In view of this problem we searched for physically more plausible solutions. Since the components are practically in contact with each other we investigated models adopting WD mode 4 (primary star fills its Roche lobe), mode 5 (secondary star fills its Roche lobe) and mode 6 (both components fill their Roche lobe; contact configuration). The important parameters determining the shape of the light curve are the orbital inclination i, the secondary star temperature T₂, the mass ratio q and the surface potential Omega of the secondary (mode 4) or the primary (mode 5) component, respectively. The other components were fixed to the theoretical values discussed above or the best fit values found in the initial model calculations.

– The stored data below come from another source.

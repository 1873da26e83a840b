//! Joins, groups and sorts of rows.
#![tactic(auto)]

mod groups;
mod index;
mod join_on;
mod joins;
mod merge;
mod pairing;
mod sort;
mod sorted_groups;

pub use groups::hash_group;
pub use join_on::JoinOn;
pub use joins::{hash_join, nested_join};
pub use merge::merge_join;
pub use sort::sort_rows;
pub use sorted_groups::sorted_group;

#[cfg(test)]
mod tests;
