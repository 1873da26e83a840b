//! Rows in order.
ghost use Rattle.std.specs.Prelude.{IfOk};
ghost use Rattle.std.specs.List.Sorted.{IsPermutation, IsStable};
ghost use Rattle.cal_value.specs.Order.{IsInOrder, row_cmp};

use cal_value::{Collation, List, NoMemory, Row, compare_rows};
use std::alloc::Global;

/// The rows in the order of the keys. Rows that tie stay in their order.
pub fn sort_rows(_alloc: Global, rows: List<Row>, keys: &Collation) -> Result<List<Row>, NoMemory>
    ensures same { IfOk result (λ sorted. IsPermutation rows sorted) }
    ensures in_order { IfOk result (λ sorted. IsInOrder keys.now sorted) }
    ensures stable { IfOk result (λ sorted. IsStable (row_cmp keys.now) rows sorted) }
{
    let mut rows = rows.into_vec();
    rows.sort_by(|a, b| compare_rows(a, b, keys))?;
    Ok(List::from_vec(rows))
}
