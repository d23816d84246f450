// An interval of doubles that a search narrows, whether of densities or of temperatures.
#![tactic(auto, unfolding(crate::specs::Interval::narrowed_of, crate::specs::Interval::on_end, numerics::specs::Middle::middle))]

ghost use Rattle.std.specs.Prelude.{◌≡◌};
ghost use Rattle.interval.specs.Interval.{middle_of, narrowed_of, on_end};

// The two ends.
#[derive(Clone, Copy)]
pub struct Interval {
    pub lo: f64,
    pub hi: f64,
}

impl Interval {
    // The low end and half of the width: the sum of the ends could overflow.
    pub fn middle(self) -> f64
        ensures { result ≡ middle_of self }
    {
        self.lo + 0.5 * (self.hi - self.lo)
    }

    pub fn ends_at(self, x: f64) -> bool
        ensures { result ≡ on_end self x }
    {
        (x == self.lo) | (x == self.hi)
    }

    // x takes the place of the low end where the difference is below 0, else of the high end.
    pub fn narrowed(self, x: f64, difference: f64) -> Interval
        ensures { result ≡ narrowed_of self x difference }
    {
        if difference < 0.0 {
            return Interval { lo: x, ..self };
        }
        Interval { hi: x, ..self }
    }
}
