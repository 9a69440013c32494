// What the C interface hands over, in the library's terms: a flag, and a cell from numbers and slices.
#![tactic(auto)]

ghost use Rattle.std.specs.Prelude.{◌≡◌, ◌*◌, not, eqb, leb};
ghost use Rattle.builder.specs.Paper.{builder_of};
ghost use Rattle.wire.specs.Wire.{fit, wire_cell};

use builder::CellBuilder;

// Any flag but 0 is set: flags are numbers in C.
pub fn is_set(flag: u32) -> bool
    ensures { result ≡ not (eqb flag 0) }
{
    flag != 0
}

// Whether this many bytes hold the bits: 8 * len may pass the largest number.
pub fn holds(len: usize, bits: usize) -> bool
    ensures { result ≡ leb bits (8 * len) }
{
    bits.div_ceil(8) <= len
}

// The first N elements, with `lacking` for each that is not there.
fn fit<T: Copy, const N: usize>(xs: &[T], lacking: T) -> [T; N]
    ensures { result ≡ fit N lacking xs.now }
{
    let mut fitted = [lacking; N];
    let n = xs.len().min(N);
    fitted[..n].copy_from_slice(&xs[..n]);
    fitted
}

// The cell of this flag, of the first bits of these bytes and of these references. Their number is handed on also where it is more than 4.
#[tactic(auto, unfolding(crate::specs::Wire::wire_cell))]
pub fn wire_cell(flag: u32, bits: usize, own: &[u8], refs: &[u32]) -> CellBuilder
    ensures { builder_of result ≡ wire_cell flag bits own.now refs.now }
{
    CellBuilder {
        exotic: is_set(flag),
        len: bits,
        bytes: fit(own, 0),
        count: refs.len(),
        refs: fit(refs, 0),
    }
}
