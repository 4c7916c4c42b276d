// The words of a line, read from left to right, and what a line says that makes no call.
ghost use Rattle.std.specs.Prelude.{◌≤◌, IfOk, IfSome};

use text::read::{NoNumber, as_double, as_small, as_whole};
use thiserror::Error;

// Why a line makes no call: it cannot be read; it asks for what cannot be held; it needs a buffer and there is none. So it is answered.
#[derive(Clone, Copy, Debug, PartialEq, Eq, Error)]
pub enum Unmade {
    #[error("unknown")]
    Unknown,
    #[error("declined")]
    Declined,
    #[error("none")]
    NoBuffer,
}

// A poke's number that its field has no room for is read all the same.
impl From<NoNumber> for Unmade {
    fn from(why: NoNumber) -> Unmade {
        match why {
            NoNumber::Above | NoNumber::Below => Unmade::Declined,
            NoNumber::NotWhole => Unmade::Unknown,
        }
    }
}

// The words that are still to be read, parted by single spaces; none once the last is read.
#[derive(Clone, Copy, Debug)]
pub struct Words<'a> {
    rest: Option<&'a [u8]>,
}

impl<'a> Words<'a> {
    pub fn of(line: &'a [u8]) -> Self {
        Words { rest: Some(line) }
    }

    // All that is still to be read, with its spaces.
    pub fn rest(self) -> Option<&'a [u8]> {
        self.rest
    }

    fn next(&mut self) -> Option<&'a [u8]> {
        let mut parts = self.rest?.splitn(2, |b| *b == b' ');
        let word = parts.next();
        self.rest = parts.next();
        word
    }

    pub fn word(&mut self) -> Result<&'a [u8], Unmade> {
        self.next().ok_or(Unmade::Unknown)
    }

    // No word is left.
    pub fn end(self) -> Result<(), Unmade> {
        match self.rest {
            Some(_) => Err(Unmade::Unknown),
            None => Ok(()),
        }
    }

    // The last word.
    pub fn last(mut self) -> Result<&'a [u8], Unmade> {
        let word = self.word()?;
        self.end()?;
        Ok(word)
    }

    pub fn whole(&mut self) -> Result<i64, Unmade> {
        as_whole(self.word()?).or(Err(Unmade::Unknown))
    }

    pub fn small(&mut self) -> Result<u32, Unmade> {
        as_small(self.word()?).or(Err(Unmade::Unknown))
    }

    pub fn natural(&mut self) -> Result<u32, Unmade> {
        natural(self.word()?)
    }

    pub fn flag(&mut self) -> Result<bool, Unmade> {
        match self.small()? {
            0 => Ok(false),
            1 => Ok(true),
            _ => Err(Unmade::Unknown),
        }
    }

    pub fn double(&mut self) -> Result<f64, Unmade> {
        as_double(self.word()?).ok_or(Unmade::Unknown)
    }

    // How much is lent, at most `most`, where the next word is `name=K`; the name is given with the sign after it.
    pub fn lent(&mut self, name: &[u8], most: usize) -> Result<Option<usize>, Unmade>
        ensures { IfOk result (λ lent. IfSome lent (λ n. n ≤ most)) }
    {
        let mut after = *self;
        let Some(number) = after.next().and_then(|word| word.strip_prefix(name)) else {
            return Ok(None);
        };
        *self = after;
        match as_small(number) {
            Ok(n) if n as usize <= most => Ok(Some(n as usize)),
            _ => Err(Unmade::Unknown),
        }
    }
}

// Any number from 0 up. One beyond 32 bits is as good as the last of them: no buffer has such a track, and no script so many frames.
pub fn natural(word: &[u8]) -> Result<u32, Unmade> {
    match as_small(word) {
        Ok(n) => Ok(n),
        Err(NoNumber::Above) => Ok(u32::MAX),
        Err(_) => Err(Unmade::Unknown),
    }
}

It turned out that in all modes good solutions could be achieved within a wide range of mass ratios. They are practically indistinguishable from the solid line in Fig. 2. Thus, q is not well constrained. Therefore, in additional model calculations the mass ratio was fixed to a number of different values, and only the other parameters were permitted to vary. The differences between the individual models were minute: For all values of the mass ratio, 1 and T₂ varied within a small range. In the case of modes 4 and 5 the component which does not fill its Roche lobe generally attains a filling factor of more than 0.99. For some mass ratios the additional constraint that none of the stars overfills its Roche lobe had to be imposed in order to avoid a formal fit solution with a filling factor >1, indicating that any deviations from a true contact configuration are not significant. In view of the similarity of the results obtained with WD modes 4, 5 and 6 we restrict the subsequent discussion to the calculations in mode 6 (contact configuration) for simplicity (Model 2.2).

Statistically acceptable solutions (as discussed in more detail in Sect. 6.1) were found 0.19 <= q <= 5.7. The best fit solutions for the corresponding values of T₂ and i are plotted as a function of q in Fig. 3.

**Figure 3:** Best fit values for the orbital inclination (solid line; left hand scale) and the secondary star temperature (broken line; right hand scale) as a function of the adopted mass ratio q = M₂/M₁ for Model 2, calculated assuming a contact configuration.